Help

Make sure you can pass the Smoke Test. It is intended to highlight fundamental networking problems, so that you know you're starting from a good footing on the rest of the problems.

Make sure you've read the entire problem statement and you haven't missed anything. Read it out loud if it helps.

If your program seems to be working locally, check whether your router or firewall settings are blocking inbound connections. If they're allowing connections, try dumping a log of your program's exact network traffic and see if it looks right.

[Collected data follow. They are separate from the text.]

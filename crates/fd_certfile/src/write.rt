// The lines of a round.
ghost use Rattle.std.specs.Prelude.{◌≡◌, ℕ, ◌<◌, ◌^◌, ◌++◌, map, pos, All, IfOk, OnOk, Ok, length};
ghost use Rattle.fd_settle.specs.fd_cert.Claims.{claim_in};
ghost use Rattle.fd_settle.specs.fd_enclosure.Sound.{number_at};
ghost use Rattle.fd_settle.specs.fd_equations.Rounded.{list_of};
ghost use Rattle.fd_settle.specs.fd_mat.Rows.{row_of};
ghost use Rattle.fd_lines.specs.fd_outside.Emitted.{pieces_of};
ghost use Rattle.fd_certfile.specs.Blocks.{act_line};
ghost use Rattle.fd_certfile.specs.Lines.{line_bytes, solution};
ghost use Rattle.fd_certfile.specs.Rounds.{AreNumbers, IsRoundOf, act_of, block_of, AreLinesOf, AreReadAs, part_bytes, row_bytes};

use crate::texts::row_record;
use fd_lines::{Record, line_record};
use fd_settle::{Act, Certified, Dense, Network, Round};
use std::alloc::{AllocError, Global};

fn solution_record(
    alloc: Global,
    number: u32,
    hour: u32,
    round: u32,
    size: u32,
) -> Result<Record, AllocError>
    ensures { IfOk result (λ r. r.bytes ≡ line_bytes (solution (pos number) (pos hour) (pos round) (pos size))) }
{
    let numbers = [
        i128::from(number),
        i128::from(hour),
        i128::from(round),
        i128::from(size),
    ];
    line_record(alloc, b"solution", &numbers, &[])
}

fn part_record(alloc: Global, place: u32, certified: &Certified) -> Result<Record, AllocError>
    requires centre { place < length certified.now.ball.centre.items }
    requires radii { place < length certified.now.ball.radius.items }
    requires mismatches { place < length certified.now.mismatch.items }
    requires small_radius { number_at certified.now.ball.radius.items place < 2 ^ 127 }
    requires small_mismatch { number_at certified.now.mismatch.items place < 2 ^ 127 }
    ensures { IfOk result (λ r. r.bytes ≡ part_bytes (claim_in certified.now) place) }
{
    let centre = certified.ball.centre[place as usize];
    let radius = certified.ball.radius[place as usize] as i128;
    let mismatch = certified.mismatch[place as usize] as i128;
    let numbers = [i128::from(place), centre, radius, mismatch];
    line_record(alloc, b"x", &numbers, &[])
}

fn act_record(alloc: Global, act: &Act) -> Result<Record, AllocError>
    ensures line { IfOk result (λ r. r.bytes ≡ line_bytes (act_line (act_of act.now))) }
    ensures small { AreNumbers (act_of act.now) }
{
    let numbers = [
        i128::from(act.time),
        i128::from(act.control),
        i128::from(act.steps),
    ];
    line_record(alloc, b"act", &numbers, &[])
}

// Adds the lines of unknowns.
fn push_parts(
    alloc: Global,
    records: &mut Vec<Record>,
    size: u32,
    certified: &Certified,
) -> Result<(), AllocError>
    requires centre { length certified.now.ball.centre.items ≡ size }
    requires radii { length certified.now.ball.radius.items ≡ size }
    requires mismatches { length certified.now.mismatch.items ≡ size }
    requires small_radii { (i : ℕ) → i < size → number_at certified.now.ball.radius.items i < 2 ^ 127 }
    requires small_mismatches { (i : ℕ) → i < size → number_at certified.now.mismatch.items i < 2 ^ 127 }
    ensures { OnOk result (pieces_of records.new.items ≡ pieces_of records.old.items ++ list_of size (part_bytes (claim_in certified.now))) }
{
    for place in 0..size {
        records.push(part_record(alloc, place, certified)?)?;
    }
    Ok(())
}

// Adds the rows of an inverse.
fn push_rows(alloc: Global, records: &mut Vec<Record>, inverse: &Dense) -> Result<(), AllocError>
    ensures lines { OnOk result (pieces_of records.new.items ≡ pieces_of records.old.items ++ list_of (length inverse.now) (row_bytes inverse.now)) }
    ensures wide { OnOk result ((i : ℕ) → i < length inverse.now → length (row_of inverse.now i) ≡ length inverse.now) }
{
    let mut text = Vec::new(alloc);
    for place in 0..inverse.size() {
        let row = inverse.row(place);
        records.push(row_record(alloc, &mut text, i128::from(place), row)?)?;
    }
    Ok(())
}

// Adds the lines of acts.
fn push_acts(alloc: Global, records: &mut Vec<Record>, acts: &[Act]) -> Result<(), AllocError>
    ensures lines { OnOk result (pieces_of records.new.items ≡ pieces_of records.old.items ++ map line_bytes (map act_line (map act_of acts.now))) }
    ensures small { OnOk result (All (λ a. AreNumbers (act_of a)) acts.now) }
{
    for act in acts {
        records.push(act_record(alloc, act)?)?;
    }
    Ok(())
}

/// The lines of a round of a network's settle, one record each: its solution line, its unknowns, the rows of its
/// inverse as version 2 has them, and its acts. `number` is that of the settle in the run, from 1; the hour is 0 in a snapshot; rounds count
/// from 0. The network serves for its size alone. The text has one number of the round after another, so it takes the
/// time and the memory of its bytes.
///
/// # Errors
/// `AllocError` where memory is refused.
pub fn write_block(
    alloc: Global,
    net: &Network,
    number: u32,
    hour: u32,
    round: u32,
    made: &Round,
) -> Result<Vec<Record>, AllocError>
    requires { IsRoundOf net.now.rows.size made.now }
    // The lines are those of the block.
    ensures lines { IfOk result (λ rs. AreLinesOf (pieces_of rs.items) (block_of net.now.rows.size number hour round made.now)) }
    // They are read again as exactly that block, whatever lines that are no acts follow.
    ensures read { IfOk result (λ rs. AreReadAs (pieces_of rs.items) (block_of net.now.rows.size number hour round made.now)) }
{
    let size = net.size();
    let certified = made.certified.as_ref();
    let mut records = Vec::new(alloc);
    records.push(solution_record(alloc, number, hour, round, size)?)?;
    push_parts(alloc, &mut records, size, certified)?;
    push_rows(alloc, &mut records, certified.inverse())?;
    push_acts(alloc, &mut records, &made.acts)?;
    Ok(records)
}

It's fine to look at the data being sent to your server to help yourself understand the protocol.

If you think everything looks good and you can't figure it out, feel free to email me on jes@protohackers.com and I'll try to help you, or ask in the Discord group.

Good luck!

Resources

Beej's Guide To Network Programming is a great introduction to network programming with C.

Netcat is a useful tool for testing your servers by hand.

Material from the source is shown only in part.